[Saved data entries]
================

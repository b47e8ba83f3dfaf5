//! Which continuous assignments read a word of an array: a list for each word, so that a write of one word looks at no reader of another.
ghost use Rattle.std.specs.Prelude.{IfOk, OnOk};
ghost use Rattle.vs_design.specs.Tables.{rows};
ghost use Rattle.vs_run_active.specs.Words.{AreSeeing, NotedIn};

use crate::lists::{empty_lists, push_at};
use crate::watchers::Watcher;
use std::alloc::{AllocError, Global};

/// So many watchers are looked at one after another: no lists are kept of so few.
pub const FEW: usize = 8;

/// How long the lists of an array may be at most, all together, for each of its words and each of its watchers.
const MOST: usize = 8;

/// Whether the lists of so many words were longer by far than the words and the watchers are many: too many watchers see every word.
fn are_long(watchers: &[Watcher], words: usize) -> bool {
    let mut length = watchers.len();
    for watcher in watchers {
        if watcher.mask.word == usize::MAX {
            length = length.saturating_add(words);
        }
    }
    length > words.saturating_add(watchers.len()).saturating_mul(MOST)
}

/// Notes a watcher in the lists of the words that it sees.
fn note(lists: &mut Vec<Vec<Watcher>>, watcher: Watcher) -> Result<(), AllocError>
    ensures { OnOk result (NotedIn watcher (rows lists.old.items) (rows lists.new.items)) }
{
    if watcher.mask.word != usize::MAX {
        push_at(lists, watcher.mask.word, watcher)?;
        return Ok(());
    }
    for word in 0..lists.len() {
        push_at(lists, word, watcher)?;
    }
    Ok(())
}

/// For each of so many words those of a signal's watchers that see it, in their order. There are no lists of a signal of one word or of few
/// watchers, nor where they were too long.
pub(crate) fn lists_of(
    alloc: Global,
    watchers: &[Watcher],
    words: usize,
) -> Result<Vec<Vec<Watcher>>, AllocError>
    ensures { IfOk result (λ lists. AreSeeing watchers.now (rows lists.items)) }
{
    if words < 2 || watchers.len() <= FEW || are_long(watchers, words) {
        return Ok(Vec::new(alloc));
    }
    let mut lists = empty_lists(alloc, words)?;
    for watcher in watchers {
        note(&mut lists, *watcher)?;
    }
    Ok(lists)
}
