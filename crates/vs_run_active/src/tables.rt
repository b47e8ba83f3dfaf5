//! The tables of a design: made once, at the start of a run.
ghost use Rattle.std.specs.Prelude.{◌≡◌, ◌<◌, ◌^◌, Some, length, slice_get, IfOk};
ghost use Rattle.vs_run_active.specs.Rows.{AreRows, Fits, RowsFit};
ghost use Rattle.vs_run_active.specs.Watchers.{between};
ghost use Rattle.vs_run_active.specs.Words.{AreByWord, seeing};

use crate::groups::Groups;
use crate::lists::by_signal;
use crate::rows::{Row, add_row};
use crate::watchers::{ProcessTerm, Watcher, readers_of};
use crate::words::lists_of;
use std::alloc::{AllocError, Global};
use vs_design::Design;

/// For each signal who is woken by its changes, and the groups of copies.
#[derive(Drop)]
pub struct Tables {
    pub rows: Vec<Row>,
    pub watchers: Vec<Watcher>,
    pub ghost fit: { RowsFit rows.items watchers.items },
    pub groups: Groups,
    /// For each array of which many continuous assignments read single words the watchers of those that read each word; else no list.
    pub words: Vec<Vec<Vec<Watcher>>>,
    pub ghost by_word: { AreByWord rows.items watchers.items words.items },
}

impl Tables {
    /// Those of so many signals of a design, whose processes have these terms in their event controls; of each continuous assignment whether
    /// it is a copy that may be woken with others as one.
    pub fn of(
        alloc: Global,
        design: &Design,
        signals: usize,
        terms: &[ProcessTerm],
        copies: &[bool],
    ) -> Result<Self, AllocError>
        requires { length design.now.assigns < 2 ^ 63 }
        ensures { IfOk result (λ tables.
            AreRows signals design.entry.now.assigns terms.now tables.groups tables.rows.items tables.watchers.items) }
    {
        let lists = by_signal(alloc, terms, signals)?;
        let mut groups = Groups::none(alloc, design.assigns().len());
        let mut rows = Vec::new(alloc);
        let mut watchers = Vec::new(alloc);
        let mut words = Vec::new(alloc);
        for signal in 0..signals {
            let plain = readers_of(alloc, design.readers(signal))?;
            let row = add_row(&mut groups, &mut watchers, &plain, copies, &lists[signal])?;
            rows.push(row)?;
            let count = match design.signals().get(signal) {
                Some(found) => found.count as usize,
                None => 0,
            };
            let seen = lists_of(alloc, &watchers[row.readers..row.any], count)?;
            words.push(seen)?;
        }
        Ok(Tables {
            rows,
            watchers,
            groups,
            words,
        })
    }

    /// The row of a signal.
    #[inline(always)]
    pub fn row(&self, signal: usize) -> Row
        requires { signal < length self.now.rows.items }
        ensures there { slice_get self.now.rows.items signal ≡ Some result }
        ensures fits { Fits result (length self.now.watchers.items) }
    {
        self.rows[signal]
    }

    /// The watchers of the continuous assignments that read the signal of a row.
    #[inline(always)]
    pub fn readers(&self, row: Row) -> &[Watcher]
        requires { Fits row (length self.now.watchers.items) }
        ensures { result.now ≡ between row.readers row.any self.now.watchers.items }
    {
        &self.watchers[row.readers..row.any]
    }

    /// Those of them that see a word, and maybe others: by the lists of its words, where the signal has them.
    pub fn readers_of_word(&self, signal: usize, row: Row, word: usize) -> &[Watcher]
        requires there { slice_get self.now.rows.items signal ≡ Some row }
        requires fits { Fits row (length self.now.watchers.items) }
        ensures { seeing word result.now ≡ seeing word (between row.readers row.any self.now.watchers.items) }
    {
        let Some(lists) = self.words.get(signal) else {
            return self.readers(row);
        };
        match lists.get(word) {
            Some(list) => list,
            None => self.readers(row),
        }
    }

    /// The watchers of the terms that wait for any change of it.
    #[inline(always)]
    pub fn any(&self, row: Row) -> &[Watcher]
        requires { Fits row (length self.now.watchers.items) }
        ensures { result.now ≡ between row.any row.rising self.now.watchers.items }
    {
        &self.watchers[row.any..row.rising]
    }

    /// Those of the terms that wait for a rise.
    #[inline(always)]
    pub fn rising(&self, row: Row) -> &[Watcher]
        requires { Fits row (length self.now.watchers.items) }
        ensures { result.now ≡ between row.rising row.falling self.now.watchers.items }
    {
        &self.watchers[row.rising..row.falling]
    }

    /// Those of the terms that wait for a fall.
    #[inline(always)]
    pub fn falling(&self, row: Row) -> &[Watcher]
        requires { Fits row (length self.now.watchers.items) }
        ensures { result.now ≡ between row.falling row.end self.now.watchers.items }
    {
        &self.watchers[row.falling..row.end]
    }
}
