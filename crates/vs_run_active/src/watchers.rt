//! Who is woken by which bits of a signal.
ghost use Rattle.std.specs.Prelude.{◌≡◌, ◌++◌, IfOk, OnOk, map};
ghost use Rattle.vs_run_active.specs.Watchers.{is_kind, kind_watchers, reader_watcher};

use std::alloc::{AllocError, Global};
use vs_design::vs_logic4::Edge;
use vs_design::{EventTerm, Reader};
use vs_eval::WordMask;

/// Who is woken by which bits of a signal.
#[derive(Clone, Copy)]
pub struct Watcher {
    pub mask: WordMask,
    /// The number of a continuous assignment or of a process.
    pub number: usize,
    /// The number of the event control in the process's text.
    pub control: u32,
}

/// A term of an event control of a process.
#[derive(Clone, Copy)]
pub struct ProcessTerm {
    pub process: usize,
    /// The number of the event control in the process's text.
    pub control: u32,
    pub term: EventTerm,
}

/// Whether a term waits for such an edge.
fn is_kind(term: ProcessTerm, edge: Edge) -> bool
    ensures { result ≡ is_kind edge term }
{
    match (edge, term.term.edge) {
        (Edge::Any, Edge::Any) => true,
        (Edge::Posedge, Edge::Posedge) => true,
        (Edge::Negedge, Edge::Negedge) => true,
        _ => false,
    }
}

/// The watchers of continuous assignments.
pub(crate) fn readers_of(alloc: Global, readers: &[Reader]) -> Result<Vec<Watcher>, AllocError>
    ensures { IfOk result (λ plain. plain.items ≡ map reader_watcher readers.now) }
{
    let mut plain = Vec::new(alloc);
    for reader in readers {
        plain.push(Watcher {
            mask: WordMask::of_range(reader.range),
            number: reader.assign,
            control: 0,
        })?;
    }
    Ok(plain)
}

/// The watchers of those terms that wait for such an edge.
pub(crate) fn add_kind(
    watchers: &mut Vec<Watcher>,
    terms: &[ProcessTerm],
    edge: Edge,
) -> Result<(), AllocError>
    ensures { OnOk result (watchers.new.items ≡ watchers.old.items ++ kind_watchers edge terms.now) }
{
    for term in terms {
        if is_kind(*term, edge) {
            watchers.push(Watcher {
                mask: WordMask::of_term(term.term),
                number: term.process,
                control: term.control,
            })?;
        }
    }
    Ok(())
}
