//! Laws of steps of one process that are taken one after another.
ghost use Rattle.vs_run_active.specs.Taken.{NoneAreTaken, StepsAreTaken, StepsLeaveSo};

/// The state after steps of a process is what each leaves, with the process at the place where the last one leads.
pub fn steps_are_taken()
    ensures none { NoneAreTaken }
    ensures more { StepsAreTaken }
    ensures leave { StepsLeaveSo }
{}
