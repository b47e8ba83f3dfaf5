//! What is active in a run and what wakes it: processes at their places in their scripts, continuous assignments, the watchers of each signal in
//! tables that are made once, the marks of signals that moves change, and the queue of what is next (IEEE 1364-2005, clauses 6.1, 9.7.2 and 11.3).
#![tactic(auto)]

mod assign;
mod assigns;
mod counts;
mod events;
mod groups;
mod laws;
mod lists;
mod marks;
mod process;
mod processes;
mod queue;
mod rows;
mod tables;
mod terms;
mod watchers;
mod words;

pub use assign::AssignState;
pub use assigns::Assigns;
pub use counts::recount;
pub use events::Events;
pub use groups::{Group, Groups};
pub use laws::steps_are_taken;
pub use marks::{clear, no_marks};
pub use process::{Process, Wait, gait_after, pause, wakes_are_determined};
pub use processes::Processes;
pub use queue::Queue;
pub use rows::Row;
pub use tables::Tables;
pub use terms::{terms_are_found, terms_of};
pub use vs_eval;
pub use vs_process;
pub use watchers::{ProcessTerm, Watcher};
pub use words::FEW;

================

Description of the task =
Only a number belongs in the answer: state how many lines of the entries above hold "EventTerm".

Worked solution =
2